:: Dataset records

// Whether the text of a front, so many bytes and a back is told so.
fn is_padded_told(
    alloc: Global,
    front: &str,
    byte: u8,
    count: u32,
    back: &str,
    told: (u32, u32),
) -> bool {
    match padded(alloc, front, byte, count, back) {
        Ok(text) => is_told(alloc, &text, told.0, told.1),
        Err(_) => false,
    }
}

#[test]
fn lengths_at_their_limits(rt: HostRuntime) {
    for (case, front, byte, count, back, told) in [
        ("a thread of 255 bytes", "", b'T', 255, "|w(X)\n", (0, 0)),
        ("a thread of 256 bytes", "", b'T', 256, "|w(X)\n", (1, 3)),
        ("an operand of 255 bytes", "T|w(", b'X', 255, ")\n", (0, 0)),
        ("an operand of 256 bytes", "T|w(", b'X', 256, ")\n", (1, 3)),
        (
            "a line of 4,096 bytes",
            "T|w(X)|",
            b'0',
            4_089,
            "\n",
            (0, 0),
        ),
        (
            "a line of 4,097 bytes",
            "T|w(X)|",
            b'0',
            4_090,
            "\n",
            (1, 1),
        ),
        (
            "byte 4,096 a return",
            "T|w(X)|",
            b'0',
            4_088,
            "\r\n",
            (0, 0),
        ),
        (
            "byte 4,097 a return",
            "T|w(X)|",
            b'0',
            4_089,
            "\r\n",
            (1, 1),
        ),
        ("4,097 bytes without a bar", "", b'0', 4_097, "", (1, 1)),
        ("4,096 bytes without a bar", "", b'0', 4_096, "", (1, 2)),
        ("a later line", "\nT|w(X)\n", b'0', 4_097, "\n", (3, 1)),
    ] {
        assert!(rt;
            is_padded_told(rt.alloc(), front, byte, count, back, told),
            "{case}"
        );
    }
}

// A text of so many lines, each with its number in a name, and a last line.
fn numbered(
    alloc: Global,
    front: &str,
    count: u32,
    back: &str,
    last: &str,
) -> Result<Vec<u8>, AllocError> {
    let mut text = Vec::new(alloc);
    for line in 0..count {
        let middle = format!(in alloc; "{line}")?;
        text.extend_from_slice(front.as_bytes())?;
        text.extend_from_slice(middle.as_bytes())?;
        text.extend_from_slice(back.as_bytes())?;
    }
    text.extend_from_slice(last.as_bytes())?;
    Ok(text)
}

// Whether the text of so many numbered lines and a last one is told so.
fn is_numbered_told(
    alloc: Global,
    front: &str,
    count: u32,
    back: &str,
    last: &str,
    told: (u32, u32),
) -> bool {
    match numbered(alloc, front, count, back, last) {
        Ok(text) => is_told(alloc, &text, told.0, told.1),
        Err(_) => false,
    }
}

#[test]
fn counts_at_their_limits(rt: HostRuntime) {
    for (case, front, count, back, last, told) in [
        ("64 threads", "T", 64, "|w(X)\n", "T0|w(X)", (0, 0)),
        ("65 threads", "T", 64, "|w(X)\n", "U|w(X)", (65, 8)),
        (
            "a 65th by a fork",
            "T",
            64,
            "|w(X)\n",
            "T0|fork(U)",
            (65, 8),
        ),
        ("65 that are skipped", "T", 65, "|end\n", "U|w(X)", (0, 0)),
        ("4,096 locks", "T|acq(", 4_096, ")\n", "T|rel(0)", (0, 0)),
        (
            "4,097 locks",
            "T|acq(",
            4_096,
            ")\n",
            "T|acq(L)",
            (4_097, 9),
        ),
        ("65,536 events", "T|w(", 65_536, ")\n", "T|end(m)", (0, 0)),
        (
            "65,537 events",
            "T|w(",
            65_536,
            ")\n",
            "T|w(0)",
            (65_537, 7),
        ),
        (
            "a new thread then",
            "T|w(",
            65_536,
            ")\n",
            "U|w(V)",
            (65_537, 7),
        ),
        ("no event then", "T|w(", 65_536, ")\n", "T|w", (65_537, 5)),
    ] {
        assert!(rt;
            is_numbered_told(rt.alloc(), front, count, back, last, told),
            "{case}"
        );
    }
}

// Whether the fault says that the thread of this name holds a lock.
fn names_holder(names: &Names, fault: &ReadFault, name: &[u8]) -> bool
    requires { IsHolderKnown names.now fault.now }
{
    match fault {
        ReadFault::Text(fault) => is_holder(names, &fault.kind, name),
        ReadFault::OutOfMemory => false,
    }
}

fn is_holder(names: &Names, kind: &StdKind, name: &[u8]) -> bool
    requires { IsHolderGiven names.now kind.now }
{
    match kind {
        StdKind::LockHeld(holder) => names.thread_name(*holder) == name,
        _ => false,
    }
}

// Whether a text is refused since the thread of this name holds a lock.
fn is_held_by(alloc: Global, text: &[u8], name: &[u8]) -> bool {
    let Ok(mut reader) = Reader::new(alloc) else {
        return false;
    };
    let Err(fault) = reader.feed(text) else {
        return false;
    };
    names_holder(reader.names(), &fault, name)
}

#[test]
fn the_holder_has_a_name(rt: HostRuntime) {
    let alloc = rt.alloc();
    let by_another = b"T0|w(X)\nmain|acq(L)\nT1|acq(L)\n";
    assert!(rt; is_held_by(alloc, by_another, b"main"));
}

// The line and the kind of the fault that a piece is answered with, or zeros.
fn told_at(reader: &mut Reader, piece: &[u8]) -> (u32, u32)
    requires { reader.old.closed ≡ false }
    ensures { reader.new.closed ≡ false }
{
    match reader.feed(piece) {
        Ok(()) => (0, 0),
        Err(fault) => told_by(&fault),
    }
}

// The same at the end of the text.
fn told_at_end(reader: &mut Reader) -> (u32, u32) {
    match reader.close() {
        Ok(()) => (0, 0),
        Err(fault) => told_by(&fault),
    }
}

// Whether a piece is answered with that line and kind, and taken where they are zeros.
fn is_told_at(reader: &mut Reader, piece: &[u8], line: u32, kind: u32) -> bool
    requires { reader.old.closed ≡ false }
    ensures { reader.new.closed ≡ false }
{
    told_at(reader, piece) == (line, kind)
}

// Whether a reader takes the first piece, answers the second with that line and kind, and the third and the end too.
fn stays(alloc: Global, pieces: [&[u8]; 3], line: u32, kind: u32) -> bool {
    let Ok(mut reader) = Reader::new(alloc) else {
        return false;
    };
    let is_taken = is_told_at(&mut reader, pieces[0], 0, 0);
    let is_refused = is_told_at(&mut reader, pieces[1], line, kind);
    let is_the_same = is_told_at(&mut reader, pieces[2], line, kind);
    is_taken && is_refused && is_the_same && told_at_end(&mut reader) == (line, kind)
}

#[test]
fn a_fault_stays(rt: HostRuntime) {
    let pieces = [
        b"T0|w(X)\nT0|rel".as_slice(),
        b"(L)\nT0|w(X)\n".as_slice(),
        b"T0|w\n".as_slice(),
    ];
    assert!(rt; stays(rt.alloc(), pieces, 2, 13));
}

// Whether a reader takes a piece, and answers the next with that line and kind.
fn is_told_behind(alloc: Global, piece: &[u8], next: &[u8], line: u32, kind: u32) -> bool {
    let Ok(mut reader) = Reader::new(alloc) else {
        return false;
    };
    let is_taken = is_told_at(&mut reader, piece, 0, 0);
    is_taken && is_told_at(&mut reader, next, line, kind)
}

#[test]
fn a_long_line_is_known_before_its_end(rt: HostRuntime) {
    let line = [b'0'; 4_096];
    assert!(rt; is_told_behind(rt.alloc(), &line, b"0", 1, 1));
}

// Takes a piece so many times.
fn feed_often(reader: &mut Reader, piece: &[u8], count: u32)
    requires { reader.old.closed ≡ false }
    ensures { reader.new.closed ≡ false }
{
    for _ in 0..count {
        let _ = told_at(reader, piece);
    }
}

// Whether a reader takes the lines so many times and then a piece, and answers the next with that line and kind.
fn is_told_behind_lines(
    alloc: Global,
    lines: &[u8],
    count: u32,
    piece: &[u8],
    next: &[u8],
    told: (u32, u32),
) -> bool {
    let Ok(mut reader) = Reader::new(alloc) else {
        return false;
    };
    feed_often(&mut reader, lines, count);
    let is_taken = is_told_at(&mut reader, piece, 0, 0);
    is_taken && is_told_at(&mut reader, next, told.0, told.1)
}

#[test]
fn an_input_at_its_limit(rt: HostRuntime) {
    let lines = [b'\n'; 4_096];
    let piece = [b'T'; 4_096];
    // The last byte makes the input and its line too long.
    let told = (16_773_121, 6);
    assert!(rt; is_told_behind_lines(rt.alloc(), &lines, 4_095, &piece, b"T", told));
}

// Whether the trace of a text and its names have so many threads, and it has so many events, locks and variables.
fn has_sizes(alloc: Global, text: &[u8], threads: u16, events: u32, locks: u32, vars: u32) -> bool {
    let Ok((trace, names)) = read(alloc, text) else {
        return false;
    };
    if trace.threads() != threads || names.threads() != threads {
        return false;
    }
    trace.len() == events && names.locks() == locks && names.vars() == vars
}

#[test]
fn skipped_lines_name_nothing(rt: HostRuntime) {
    let text = b"T1|begin(m)|3\nT0|fork(T2)|4\nT3|end\nT2|w(X)|5\n";
    assert!(rt; has_sizes(rt.alloc(), text, 2, 2, 0, 1));
}

// The names of a thread T, a lock L and a variable X.
fn three_names(alloc: Global) -> Option<Names> {
    let mut names = Names::new(alloc).ok()?;
    names.thread(b"T").ok()?;
    names.lock(b"L").ok()?;
    names.var(b"X").ok()?;
    Some(names)
}

// A reader behind six lines that name a thread T, a lock L and a variable X.
fn behind_others(alloc: Global) -> Option<Reader>
    ensures { IfSome result (λ r. r.closed ≡ false) }
{
    let Some(names) = three_names(alloc) else {
        return None;
    };
    let Ok(reader) = Reader::after(alloc, names, 7) else {
        return None;
    };
    Some(reader)
}

// The number of the thread of the first event.
fn first_thread(trace: &Trace) -> Option<u16> {
    match trace.is_empty() {
        true => None,
        false => Some(trace.event(0).thread.value()),
    }
}

// Whether there are so many threads, locks and variables.
fn are_counted(names: &Names, threads: u16, locks: u32, vars: u32) -> bool {
    names.threads() == threads && names.locks() == locks && names.vars() == vars
}

// Whether a text behind others begins with the thread of that number, and there are then so many threads, locks and
// variables.
fn goes_on(alloc: Global, text: &[u8], first: u16, threads: u16, locks: u32, vars: u32) -> bool {
    let Some(reader) = behind_others(alloc) else {
        return false;
    };
    let Ok((trace, names)) = read_by(reader, text) else {
        return false;
    };
    first_thread(&trace) == Some(first) && are_counted(&names, threads, locks, vars)
}

#[test]
fn names_go_on(rt: HostRuntime) {
    for (case, text, first, threads, locks, vars) in [
        ("the names alone", "T|acq(L)\nT|w(X)\n", 0, 1, 1, 1),
        ("a new thread first", "U|acq(L)\nT|w(X)\n", 1, 2, 1, 1),
        ("a new lock and variable", "T|acq(M)\nT|w(Y)\n", 0, 1, 2, 2),
    ] {
        assert!(rt;
            goes_on(rt.alloc(), text.as_bytes(), first, threads, locks, vars),
            "{case}"
        );
    }
}

// The line and the kind of the fault for which a piece behind others is refused, or zeros.
fn told_behind_others(alloc: Global, piece: &[u8]) -> (u32, u32) {
    match behind_others(alloc) {
        Some(mut reader) => told_at(&mut reader, piece),
        None => (0, 0),
    }
}

#[test]
fn lines_go_on(rt: HostRuntime) {
    assert!(rt; told_behind_others(rt.alloc(), b"T|acq(L)\nT|w(X\n") == (8, 5));
}

// The texts of a call, of the line of its event, and of its operation, one behind the other.
fn written(alloc: Global, thread: ThreadId, op: Op, names: &Names) -> Result<Vec<u8>, OutOfMemory>
    requires { IsCallNamed names.now thread op }
{
    let mut text = Vec::new(alloc);
    write_call(alloc, thread, &op, names, &mut text)?;
    let loc = 7;
    write_event(alloc, &Event { thread, op, loc }, names, &mut text)?;
    write_op(alloc, &op, names, &mut text)?;
    Ok(text)
}

// The texts of an acquire of a lock L by a thread T.
fn written_acquire(alloc: Global) -> Result<Vec<u8>, Fail> {
    let mut names = Names::new(alloc)?;
    let thread = names.thread(b"T")?;
    let lock = names.lock(b"L")?;
    Ok(written(alloc, thread, Op::Acquire(lock), &names)?)
}

#[test]
fn calls_and_lines_are_written(rt: HostRuntime) -> Result<(), Fail> {
    let text = written_acquire(rt.alloc())?;
    assert!(rt; text.as_slice() == b"T|acq(L)T|acq(L)|7\nacq(L)".as_slice());
    Ok(())
}

// Two threads with two locks and a variable.
const TWO_THREADS: &[u8] = b"T0|acq(L)|1\nT1|w(X)|2\nT0|rel(L)|3\nT1|acq(M)|4";

#[test]
fn the_trace_and_the_names(rt: HostRuntime) {
    assert!(rt; has_sizes(rt.alloc(), TWO_THREADS, 2, 4, 2, 1));
}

::::

## Your instructions
In the lines above, locate the string "answered". Copy every line where it occurs.

## Problem solution
// The line and the kind of the fault that a piece is answered with, or zeros.
// Whether a piece is answered with that line and kind, and taken where they are zeros.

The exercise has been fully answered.